By Prison Legal News

On May 23, 2014, the Medical Examiner’s Office in Nashville completed an autopsy report on Tennessee state prisoner Jeffery Sills, 43, who was murdered at the South Central Correctional Facility in Clifton, Wayne County on March 28. The facility is operated by Corrections Corporation of America (CCA), the nation’s largest for-profit prison company.

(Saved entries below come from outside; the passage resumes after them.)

//! The first token of a text.

ghost use Rattle.std.specs.Prelude.{◌≡◌, ◌<◌, ◌&&◌, ℕ, IfSome, Some, chars, false, length};
ghost use Rattle.std.specs.Prelude.{option_map, slice_index, true};
ghost use Rattle.rust_tokens.specs.Bytes.{begins_word};
ghost use Rattle.rust_tokens.specs.First.{after_suffix, closed_body, first_of};
ghost use Rattle.rust_tokens.specs.First.{first_plain, first_quoted, first_slashed, by_opening};
ghost use Rattle.rust_tokens.specs.Views.{seen_body};
ghost use Rattle.rust_tokens.specs.Texts.{Text};
ghost use Rattle.rust_tokens.specs.Tokens.{is_literal};

use crate::bodies::{Body, ended_token, unended_token};
use crate::bytes::{is_plain_start, is_prefix_letter, is_sign, is_space_byte, is_word_byte};
use crate::ends::{after_comment, after_line, after_raw, after_string};
use crate::kinds::Kind;
use crate::literals::{after_char, after_name, after_raw_name, block_kind, line_kind};
use crate::numbers::first_number;
use crate::openings::{Opening, first_opening};
use crate::texts::{
    Class, after_ascii_run, after_run, is_id_start, is_punct, is_space, split_first,
};

/// Returns the token with this end, or the one that is not ended, which takes all.
fn closed_token<'a>(kind: Kind, end: Option<&'a str>) -> Body<'a>
    ensures { seen_body result ≡ closed_body kind (option_map (λ r. chars r.now) end.entry) }
{
    match end {
        Some(rest) => ended_token(kind, rest),
        None => unended_token(kind, ""),
    }
}

/// Returns the token that begins with a `/` before the text.
fn first_slashed(text: &str) -> Body<'_>
    ensures { seen_body result ≡ first_slashed (chars text.now) }
{
    let Some((c, rest)) = split_first(text) else {
        return ended_token(Kind::Punct, text);
    };
    if c == '/' {
        let kind = line_kind(rest);
        return ended_token(kind, after_line(rest));
    }
    if c == '*' {
        return closed_token(block_kind(rest), after_comment(rest));
    }
    ended_token(Kind::Punct, text)
}

/// Returns the token that begins with an apostrophe before the text.
fn first_quoted(text: &str) -> Body<'_>
    ensures { seen_body result ≡ first_quoted (chars text.now) }
{
    if let Some(rest) = after_char(text) {
        return ended_token(Kind::Char, rest);
    }
    if let Some(rest) = after_raw_name(text) {
        return ended_token(Kind::RawLifetime, rest);
    }
    if let Some(rest) = after_name(text) {
        return ended_token(Kind::Lifetime, rest);
    }
    unended_token(Kind::Char, text)
}

/// Returns the token that begins with `c` before the text and has no opening.
fn first_plain(c: char, text: &str) -> Body<'_>
    ensures { seen_body result ≡ first_plain c (chars text.now) }
{
    if is_id_start(c) {
        let rest = after_run(text, Class::Continue);
        return ended_token(Kind::Ident, rest);
    }
    if c.is_ascii_digit() {
        return first_number(c, text);
    }
    if c == '/' {
        return first_slashed(text);
    }
    if c == '\'' {
        return first_quoted(text);
    }
    let kind = if is_punct(c) {
        Kind::Punct
    } else {
        Kind::Unknown
    };
    ended_token(kind, text)
}

/// Returns the token that goes on with the text after this opening.
fn opened_token(opening: Opening, text: &str) -> Body<'_>
    ensures { (c : ℕ) (t : Text) → seen_body result
        ≡ by_opening c t (Some (opening, chars text.now)) }
{
    match opening {
        Opening::Quote(kind) => closed_token(kind, after_string(text)),
        Opening::Raw(kind, hashes) => closed_token(kind, after_raw(text, hashes)),
        Opening::ByteQuote => {
            match after_char(text) {
                Some(rest) => ended_token(Kind::Byte, rest),
                None => unended_token(Kind::Byte, text),
            }
        }
        Opening::RawWord => {
            let rest = after_run(text, Class::Continue);
            ended_token(Kind::RawIdent, rest)
        }
    }
}

/// Returns the first token of a text, without its suffix, or `None` if the text is empty.
pub fn first_body(text: &str) -> Option<Body<'_>>
    ensures { option_map (λ b. seen_body b) result ≡ first_of (chars text.now) }
{
    let Some((c, rest)) = split_first(text) else {
        return None;
    };
    if is_space(c) {
        let rest = after_run(rest, Class::Space);
        return Some(ended_token(Kind::Whitespace, rest));
    }
    match first_opening(text) {
        Some((opening, rest)) => Some(opened_token(opening, rest)),
        None => Some(first_plain(c, rest)),
    }
}

/// Returns whether a token of this kind is a literal, which may have a suffix.
fn is_literal(kind: Kind) -> bool
    ensures { result ≡ is_literal kind }
{
    matches!(
        kind,
        Kind::BinaryInt
            | Kind::OctalInt
            | Kind::DecimalInt
            | Kind::HexadecimalInt
            | Kind::Float
            | Kind::Char
            | Kind::Byte
            | Kind::Str
            | Kind::ByteStr
            | Kind::CStr
            | Kind::RawStr
            | Kind::RawByteStr
            | Kind::RawCStr
    )
}

/// Returns the rest after a token with its suffix.
pub fn after_suffix(body: Body<'_>) -> &str
    ensures { chars result.now
        ≡ after_suffix (is_literal body.entry.kind && body.entry.is_ended)
        (chars body.entry.rest.now) }
{
    if !(body.is_ended && is_literal(body.kind)) {
        return body.rest;
    }
    let Some((c, rest)) = split_first(body.rest) else {
        return body.rest;
    };
    if is_id_start(c) {
        after_run(rest, Class::Continue)
    } else {
        body.rest
    }
}

/// Returns the second byte, or 0 if there is none.
#[inline(always)]
fn second_byte(bytes: &[u8]) -> u8
    ensures { result ≡ slice_index bytes.now 1 }
{
    if bytes.len() > 1 { bytes[1] } else { 0 }
}

/// Returns whether the first two bytes show that a word begins, and no literal.
#[inline(always)]
fn begins_word(bytes: &[u8]) -> bool
    requires { 0 < length bytes.now }
    ensures { result ≡ begins_word (slice_index bytes.now 0) (slice_index bytes.now 1) }
{
    if is_plain_start(bytes[0]) {
        return true;
    }
    let second = second_byte(bytes);
    is_prefix_letter(bytes[0]) && is_word_byte(second) && second != b'r'
}

/// Returns the kind of the first token and the rest after it, if the token is of the most frequent
/// kinds, which are no literals: punctuation, and white space and words of ASCII. Returns `None`
/// for other tokens, for some words that begin as a prefix does, for a word or white space with a
/// character outside ASCII right after it, and for the empty text.
#[inline(always)]
pub fn plain_token(text: &str) -> Option<(Kind, &str)>
    ensures first { IfSome result
        (λ x. Some (x.0, true, chars x.1.now) ≡ first_of (chars text.now)) }
    ensures bare { IfSome result (λ x. is_literal x.0 ≡ false) }
{
    let bytes = text.as_bytes();
    if bytes.is_empty() {
        return None;
    }
    if is_sign(bytes[0]) {
        return Some((Kind::Punct, &text[1..]));
    }
    if is_space_byte(bytes[0]) {
        let rest = after_ascii_run(text, Class::Space)?;
        return Some((Kind::Whitespace, rest));
    }
    if begins_word(bytes) {
        let rest = after_ascii_run(text, Class::Continue)?;
        return Some((Kind::Ident, rest));
    }
    None
}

Sills’ death was classified as a homicide caused by “blunt and sharp force injuries.” He was allegedly beaten and stabbed to death by his cellmate, Travis Bess, who was later transferred to the Riverbend Maximum Security Institution.

Jeffery Sills was at least the second prisoner murdered at the CCA-run prison since September 1, 2013, when Gerald Ewing, 28, was killed during a series of fights at the facility. Comparably, according to the Tennessee Department of Correction there were no homicides at state-run prisons in calendar year 2013 and to date this year.

Jeffery Sills’ death was particularly brutal, according to the autopsy report. He suffered lacerations, abrasions and contusions to his head and neck, fractured cheek and nasal bones, cutting and stab/puncture wounds, and hemorrhages in the “posterior cervical spinal muscles” and “skeletal muscle of back and intercostal muscles of posterior thorax.”